Whenever a line in the material below contains "None", copy that line.

=-=-=

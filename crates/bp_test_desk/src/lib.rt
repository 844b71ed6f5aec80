//! Tests of `bp_desk`: seats of one desk at once, with ample memory.
#![tactic(auto)]

#[cfg(test)]
mod calls;
#[cfg(test)]
mod four_doors;
#[cfg(test)]
mod frozen;
#[cfg(test)]
mod full_histories;
#[cfg(test)]
mod matters;
#[cfg(test)]
mod notes;
#[cfg(test)]
mod replies;
#[cfg(test)]
mod slow_keeper;
#[cfg(test)]
mod stage;
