// The items of a production.
ghost use Rattle.std.specs.Prelude.{◌≡◌, ◌≤◌, ◌<◌, ◌+◌, ◌-◌, ◌*◌, ◌^◌, ◌&&◌, IfOk, length, map, not};
ghost use Rattle.std.specs.List.{filter};
ghost use Rattle.std.specs.Option.{option_copied};
ghost use Rattle.bp_matter.specs.LookUps.{of_row};
ghost use Rattle.bp_freeze.specs.Marks.{AreMarks, is_marked};
ghost use Rattle.bp_freeze.specs.Seeing.{is_produced, seen_from, seen_in};
ghost use Rattle.bp_freeze.specs.Selecting.{all_numbers, designation_of, has_responsive, is_selected, item_of, items_from, selected};

use crate::documents::{numbers_of, parent_of, treatment_of};
use crate::marks::is_marked;
use bp_bates::Span;
use bp_core::{DocNo, ListOf, OutOfMemory, Text};
use bp_matter::{BoxList, CallRow, DocBox, DocEntry, DocHeld, Entry, HeldList, Item, Tables};
use std::alloc::Global;

// Items, and the number after their spans.
#[derive(Drop)]
pub(crate) struct TakenItems {
    pub(crate) items: Vec<Item>,
    pub(crate) next: u64,
}

// The documents before the end that are produced, as items under the numbers from the first
// one on.
pub(crate) fn take_items(
    alloc: Global,
    tables: &Tables,
    produced: &[bool],
    responsive: &[bool],
    from: u32,
    end: u32,
    first: u64,
) -> Result<TakenItems, OutOfMemory>
    requires from { 1 ≤ from }
    requires order { from ≤ end }
    requires end { end ≤ length tables.now.matter.docs + 1 }
    requires first_from { 1 ≤ first }
    requires first_to { first < 2 ^ 40 }
    requires produced { AreMarks (length tables.now.matter.docs) produced.now
        (is_produced tables.now.matter.productions) }
    requires responsive { AreMarks (length tables.now.matter.docs) responsive.now
        (has_responsive (seen_from tables.now.matter from (end - from))) }
    ensures items { IfOk result (λ taken. taken.items.items
        ≡ items_from first (selected (seen_from tables.now.matter from (end - from)))) }
    ensures next { IfOk result (λ taken. taken.next
        ≡ first + all_numbers (selected (seen_from tables.now.matter from (end - from)))) }
    ensures small { IfOk result (λ taken. taken.next < 2 ^ 60) }
{
    tables.know_valid();
    let mut items = Vec::new(alloc);
    let mut next = first;
    for number in from..end {
        let doc = DocNo(number);
        if is_selected(tables, produced, responsive, doc) {
            items.push(item_of(alloc, tables, doc, next)?)?;
            next += u64::from(numbers_of(tables, doc));
        }
    }
    Ok(TakenItems { items, next })
}

// Whether the family of a document has a responsive member, and no production has it.
fn is_selected(tables: &Tables, produced: &[bool], responsive: &[bool], doc: DocNo) -> bool
    requires from { 1 ≤ doc.0 }
    requires to { doc.0 ≤ length tables.now.matter.docs }
    ensures { let parent = (seen_in tables.now.matter doc.0).parent in
        result ≡ (is_marked responsive.now parent && not (is_marked produced.now parent)) }
{
    let parent = parent_of(tables, doc);
    is_marked(responsive, parent) && !is_marked(produced, parent)
}

// A document as it stands, under the numbers from the next one on.
fn item_of(alloc: Global, tables: &Tables, doc: DocNo, next: u64) -> Result<Item, OutOfMemory>
    requires from { 1 ≤ doc.0 }
    requires to { doc.0 ≤ length tables.now.matter.docs }
    requires next_from { 1 ≤ next }
    requires next_to { next < 2 ^ 60 }
    ensures { IfOk result (λ item. item ≡ item_of next (seen_in tables.now.matter doc.0)) }
{
    let call = tables.call_with(doc);
    Ok(Item {
        doc,
        parent: parent_of(tables, doc),
        treatment: treatment_of(call),
        boxes: boxes_of(alloc, tables.boxes_on(doc))?,
        held: held_of(alloc, tables.held_on(doc))?,
        entry: entry_of(tables.entry_with(doc))?,
        designation: designation_of(alloc, call)?,
        span: Span {
            first: next,
            last: next + u64::from(numbers_of(tables, doc)) - 1,
        },
    })
}

fn boxes_of(alloc: Global, rows: &[DocBox]) -> Result<BoxList, OutOfMemory>
    ensures { IfOk result (λ boxes. boxes ≡ map (λ box. box.row) rows.now) }
{
    let mut boxes = Vec::new(alloc);
    for row in rows {
        boxes.push(row.row)?;
    }
    Ok(ListOf::from_vec(boxes))
}

fn held_of(alloc: Global, rows: &[DocHeld]) -> Result<HeldList, OutOfMemory>
    ensures { IfOk result (λ held. held ≡ map (λ row. row.row) rows.now) }
{
    let mut held = Vec::new(alloc);
    for row in rows {
        held.push(row.row)?;
    }
    Ok(ListOf::from_vec(held))
}

fn entry_of(row: Option<&DocEntry>) -> Result<Option<Entry>, OutOfMemory>
    ensures { IfOk result (λ entry. entry ≡ of_row (λ row. row.entry) (option_copied row.entry)) }
{
    match row {
        None => Ok(None),
        Some(row) => Ok(Some(row.entry.copy()?)),
    }
}

fn designation_of(alloc: Global, call: Option<&CallRow>) -> Result<Text, OutOfMemory>
    ensures { IfOk result (λ text. text ≡ designation_of (option_copied call.entry)) }
{
    match call {
        None => Ok(Text::from_string(String::new(alloc))),
        Some(row) => copy_text(&row.designation),
    }
}

pub(crate) fn copy_text(text: &Text) -> Result<Text, OutOfMemory>
    ensures { IfOk result (λ copy. copy ≡ text.now) }
{
    Ok(text.clone()?)
}
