//! Rows of documents in ascending order of key, each document's on a shelf of its own (`Shelves`), so
//! that a row that comes or goes moves no row of another document.
#![tactic(auto)]

mod shelved;
mod shelves;
mod stocking;

pub use shelved::Shelved;
pub use shelves::Shelves;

=-=-=

SOLUTION:
        None => Ok(None),
        None => Ok(Text::from_string(String::new(alloc))),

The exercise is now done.